→ Study material:
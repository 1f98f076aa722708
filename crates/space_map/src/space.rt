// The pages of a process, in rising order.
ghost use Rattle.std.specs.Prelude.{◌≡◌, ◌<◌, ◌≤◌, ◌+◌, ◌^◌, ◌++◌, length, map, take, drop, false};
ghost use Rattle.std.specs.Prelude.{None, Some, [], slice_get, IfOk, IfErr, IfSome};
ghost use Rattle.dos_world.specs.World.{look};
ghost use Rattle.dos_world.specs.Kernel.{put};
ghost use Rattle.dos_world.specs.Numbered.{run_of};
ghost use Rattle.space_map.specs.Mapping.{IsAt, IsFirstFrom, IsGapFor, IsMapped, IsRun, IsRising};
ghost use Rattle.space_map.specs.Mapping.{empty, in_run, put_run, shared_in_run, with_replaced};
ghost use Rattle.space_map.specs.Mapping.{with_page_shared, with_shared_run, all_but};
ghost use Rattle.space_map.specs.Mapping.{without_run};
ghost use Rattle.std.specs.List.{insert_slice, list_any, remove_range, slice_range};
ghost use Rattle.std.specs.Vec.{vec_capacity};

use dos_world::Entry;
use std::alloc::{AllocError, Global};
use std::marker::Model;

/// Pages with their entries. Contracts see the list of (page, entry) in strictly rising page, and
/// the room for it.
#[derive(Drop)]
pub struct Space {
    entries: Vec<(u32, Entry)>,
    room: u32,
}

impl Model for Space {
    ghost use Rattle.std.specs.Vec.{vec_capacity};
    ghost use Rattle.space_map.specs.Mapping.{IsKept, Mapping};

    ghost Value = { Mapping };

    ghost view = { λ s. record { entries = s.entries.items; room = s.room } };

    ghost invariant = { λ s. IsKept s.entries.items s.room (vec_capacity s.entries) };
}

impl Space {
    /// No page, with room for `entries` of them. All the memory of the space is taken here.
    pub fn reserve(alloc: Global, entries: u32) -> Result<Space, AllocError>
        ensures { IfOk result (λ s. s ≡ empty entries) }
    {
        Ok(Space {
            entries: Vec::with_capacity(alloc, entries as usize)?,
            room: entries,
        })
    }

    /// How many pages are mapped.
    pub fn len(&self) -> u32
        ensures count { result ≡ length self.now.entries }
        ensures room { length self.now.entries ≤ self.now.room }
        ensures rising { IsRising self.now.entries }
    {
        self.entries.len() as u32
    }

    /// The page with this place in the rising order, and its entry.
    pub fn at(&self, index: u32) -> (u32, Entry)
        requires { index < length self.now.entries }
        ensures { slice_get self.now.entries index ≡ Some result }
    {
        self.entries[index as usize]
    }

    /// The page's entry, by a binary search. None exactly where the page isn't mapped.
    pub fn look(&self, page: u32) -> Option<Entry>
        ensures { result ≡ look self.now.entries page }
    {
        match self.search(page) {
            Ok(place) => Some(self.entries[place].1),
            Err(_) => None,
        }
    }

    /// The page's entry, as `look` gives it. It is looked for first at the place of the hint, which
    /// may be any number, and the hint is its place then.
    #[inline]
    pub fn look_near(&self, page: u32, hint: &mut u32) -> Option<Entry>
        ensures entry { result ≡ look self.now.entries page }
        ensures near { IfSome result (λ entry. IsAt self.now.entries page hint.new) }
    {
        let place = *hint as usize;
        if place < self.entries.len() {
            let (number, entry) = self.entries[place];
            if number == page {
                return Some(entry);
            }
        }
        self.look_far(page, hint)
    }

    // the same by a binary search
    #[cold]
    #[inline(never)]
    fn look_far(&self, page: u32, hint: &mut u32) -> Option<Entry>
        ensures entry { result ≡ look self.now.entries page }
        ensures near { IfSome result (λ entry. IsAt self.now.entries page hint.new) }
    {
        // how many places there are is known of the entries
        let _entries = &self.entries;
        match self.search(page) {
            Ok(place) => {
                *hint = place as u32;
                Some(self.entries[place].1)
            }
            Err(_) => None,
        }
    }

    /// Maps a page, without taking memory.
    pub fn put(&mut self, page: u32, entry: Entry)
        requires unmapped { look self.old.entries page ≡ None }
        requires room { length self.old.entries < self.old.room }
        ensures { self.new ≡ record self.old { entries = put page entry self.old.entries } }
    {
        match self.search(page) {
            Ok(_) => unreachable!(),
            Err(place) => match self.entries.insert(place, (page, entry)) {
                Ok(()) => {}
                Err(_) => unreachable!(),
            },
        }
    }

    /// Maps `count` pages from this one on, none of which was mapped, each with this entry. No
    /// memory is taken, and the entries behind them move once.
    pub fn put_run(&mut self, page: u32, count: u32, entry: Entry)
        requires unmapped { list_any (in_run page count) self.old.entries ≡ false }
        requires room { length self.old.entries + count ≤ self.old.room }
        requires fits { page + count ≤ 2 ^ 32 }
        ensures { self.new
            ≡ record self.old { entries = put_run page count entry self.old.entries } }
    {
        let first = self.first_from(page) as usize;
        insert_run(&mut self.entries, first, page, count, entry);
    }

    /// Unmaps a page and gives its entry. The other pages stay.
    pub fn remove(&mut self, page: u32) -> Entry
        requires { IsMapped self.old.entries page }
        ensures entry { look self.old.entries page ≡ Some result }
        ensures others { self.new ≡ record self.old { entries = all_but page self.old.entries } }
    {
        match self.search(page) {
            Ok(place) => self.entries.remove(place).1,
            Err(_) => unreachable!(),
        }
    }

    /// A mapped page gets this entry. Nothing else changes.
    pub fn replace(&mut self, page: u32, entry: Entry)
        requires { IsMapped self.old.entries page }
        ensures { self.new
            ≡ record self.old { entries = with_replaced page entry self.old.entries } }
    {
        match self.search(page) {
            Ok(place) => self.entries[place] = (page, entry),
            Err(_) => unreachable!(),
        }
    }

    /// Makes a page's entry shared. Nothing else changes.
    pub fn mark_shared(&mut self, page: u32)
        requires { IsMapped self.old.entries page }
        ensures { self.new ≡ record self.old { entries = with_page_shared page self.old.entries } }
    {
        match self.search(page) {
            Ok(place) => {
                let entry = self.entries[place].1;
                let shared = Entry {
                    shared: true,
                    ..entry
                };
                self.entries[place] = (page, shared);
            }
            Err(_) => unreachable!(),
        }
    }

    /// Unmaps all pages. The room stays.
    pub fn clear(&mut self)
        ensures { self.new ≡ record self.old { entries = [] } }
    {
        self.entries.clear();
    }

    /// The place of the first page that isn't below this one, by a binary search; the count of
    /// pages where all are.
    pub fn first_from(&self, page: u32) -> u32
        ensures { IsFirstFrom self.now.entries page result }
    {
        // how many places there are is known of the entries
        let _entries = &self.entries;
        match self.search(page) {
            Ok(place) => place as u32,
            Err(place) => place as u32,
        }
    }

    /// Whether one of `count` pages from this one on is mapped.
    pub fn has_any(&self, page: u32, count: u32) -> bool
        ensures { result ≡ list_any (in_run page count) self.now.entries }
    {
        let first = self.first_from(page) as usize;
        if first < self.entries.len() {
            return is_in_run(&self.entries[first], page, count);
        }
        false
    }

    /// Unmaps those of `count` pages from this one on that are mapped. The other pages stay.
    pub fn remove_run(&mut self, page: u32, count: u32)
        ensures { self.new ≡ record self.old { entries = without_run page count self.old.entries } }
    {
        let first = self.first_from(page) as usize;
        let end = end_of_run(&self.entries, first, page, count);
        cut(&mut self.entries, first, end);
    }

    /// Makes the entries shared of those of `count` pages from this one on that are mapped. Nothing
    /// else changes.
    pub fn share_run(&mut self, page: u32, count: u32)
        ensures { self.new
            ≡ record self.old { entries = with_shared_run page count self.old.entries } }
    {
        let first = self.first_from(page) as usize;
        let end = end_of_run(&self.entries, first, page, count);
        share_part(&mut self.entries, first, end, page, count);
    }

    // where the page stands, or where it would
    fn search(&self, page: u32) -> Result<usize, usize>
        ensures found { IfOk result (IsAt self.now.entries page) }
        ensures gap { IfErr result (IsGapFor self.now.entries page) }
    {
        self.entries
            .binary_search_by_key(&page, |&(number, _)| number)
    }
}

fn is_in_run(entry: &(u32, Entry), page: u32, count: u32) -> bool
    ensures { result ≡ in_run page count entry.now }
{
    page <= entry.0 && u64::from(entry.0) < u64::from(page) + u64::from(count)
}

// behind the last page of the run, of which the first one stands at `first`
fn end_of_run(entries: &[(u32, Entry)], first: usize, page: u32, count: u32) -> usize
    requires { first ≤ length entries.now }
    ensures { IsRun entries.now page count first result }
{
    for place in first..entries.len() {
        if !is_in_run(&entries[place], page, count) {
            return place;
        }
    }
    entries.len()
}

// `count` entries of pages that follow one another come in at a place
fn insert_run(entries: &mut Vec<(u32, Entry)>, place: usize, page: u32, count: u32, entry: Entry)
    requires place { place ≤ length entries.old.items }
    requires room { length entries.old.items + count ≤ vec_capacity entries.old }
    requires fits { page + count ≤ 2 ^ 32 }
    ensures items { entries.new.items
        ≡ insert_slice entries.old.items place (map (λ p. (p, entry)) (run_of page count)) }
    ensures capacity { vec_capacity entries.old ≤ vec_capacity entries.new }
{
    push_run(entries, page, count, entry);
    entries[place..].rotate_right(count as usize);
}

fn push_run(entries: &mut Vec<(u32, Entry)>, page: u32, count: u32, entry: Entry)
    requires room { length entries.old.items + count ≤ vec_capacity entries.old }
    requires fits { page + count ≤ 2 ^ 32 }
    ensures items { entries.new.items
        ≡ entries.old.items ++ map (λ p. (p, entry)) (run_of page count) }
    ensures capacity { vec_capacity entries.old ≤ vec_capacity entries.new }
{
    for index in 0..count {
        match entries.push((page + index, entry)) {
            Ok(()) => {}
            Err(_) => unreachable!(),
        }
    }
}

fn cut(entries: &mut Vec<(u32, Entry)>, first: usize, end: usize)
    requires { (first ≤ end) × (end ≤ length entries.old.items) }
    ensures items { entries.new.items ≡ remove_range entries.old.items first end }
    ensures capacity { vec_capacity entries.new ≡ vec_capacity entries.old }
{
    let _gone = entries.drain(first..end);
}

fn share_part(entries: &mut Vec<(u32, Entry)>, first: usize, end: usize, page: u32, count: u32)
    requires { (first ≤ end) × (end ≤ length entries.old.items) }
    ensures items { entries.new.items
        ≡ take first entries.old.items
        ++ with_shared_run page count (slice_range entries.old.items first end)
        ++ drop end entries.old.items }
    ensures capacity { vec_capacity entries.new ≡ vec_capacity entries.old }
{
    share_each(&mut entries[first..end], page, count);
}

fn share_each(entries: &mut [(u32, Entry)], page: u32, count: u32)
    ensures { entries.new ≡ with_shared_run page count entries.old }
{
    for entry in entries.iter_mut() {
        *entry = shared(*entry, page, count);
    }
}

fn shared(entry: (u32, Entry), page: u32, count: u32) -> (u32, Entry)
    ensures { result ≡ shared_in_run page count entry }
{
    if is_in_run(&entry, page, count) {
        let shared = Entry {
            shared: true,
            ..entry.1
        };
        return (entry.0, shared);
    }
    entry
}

→ Work required: Lines that contain "false" should be pulled from the entries above and reported.

→ Answer below:
ghost use Rattle.std.specs.Prelude.{◌≡◌, ◌<◌, ◌≤◌, ◌+◌, ◌^◌, ◌++◌, length, map, take, drop, false};
        requires unmapped { list_any (in_run page count) self.old.entries ≡ false }
        false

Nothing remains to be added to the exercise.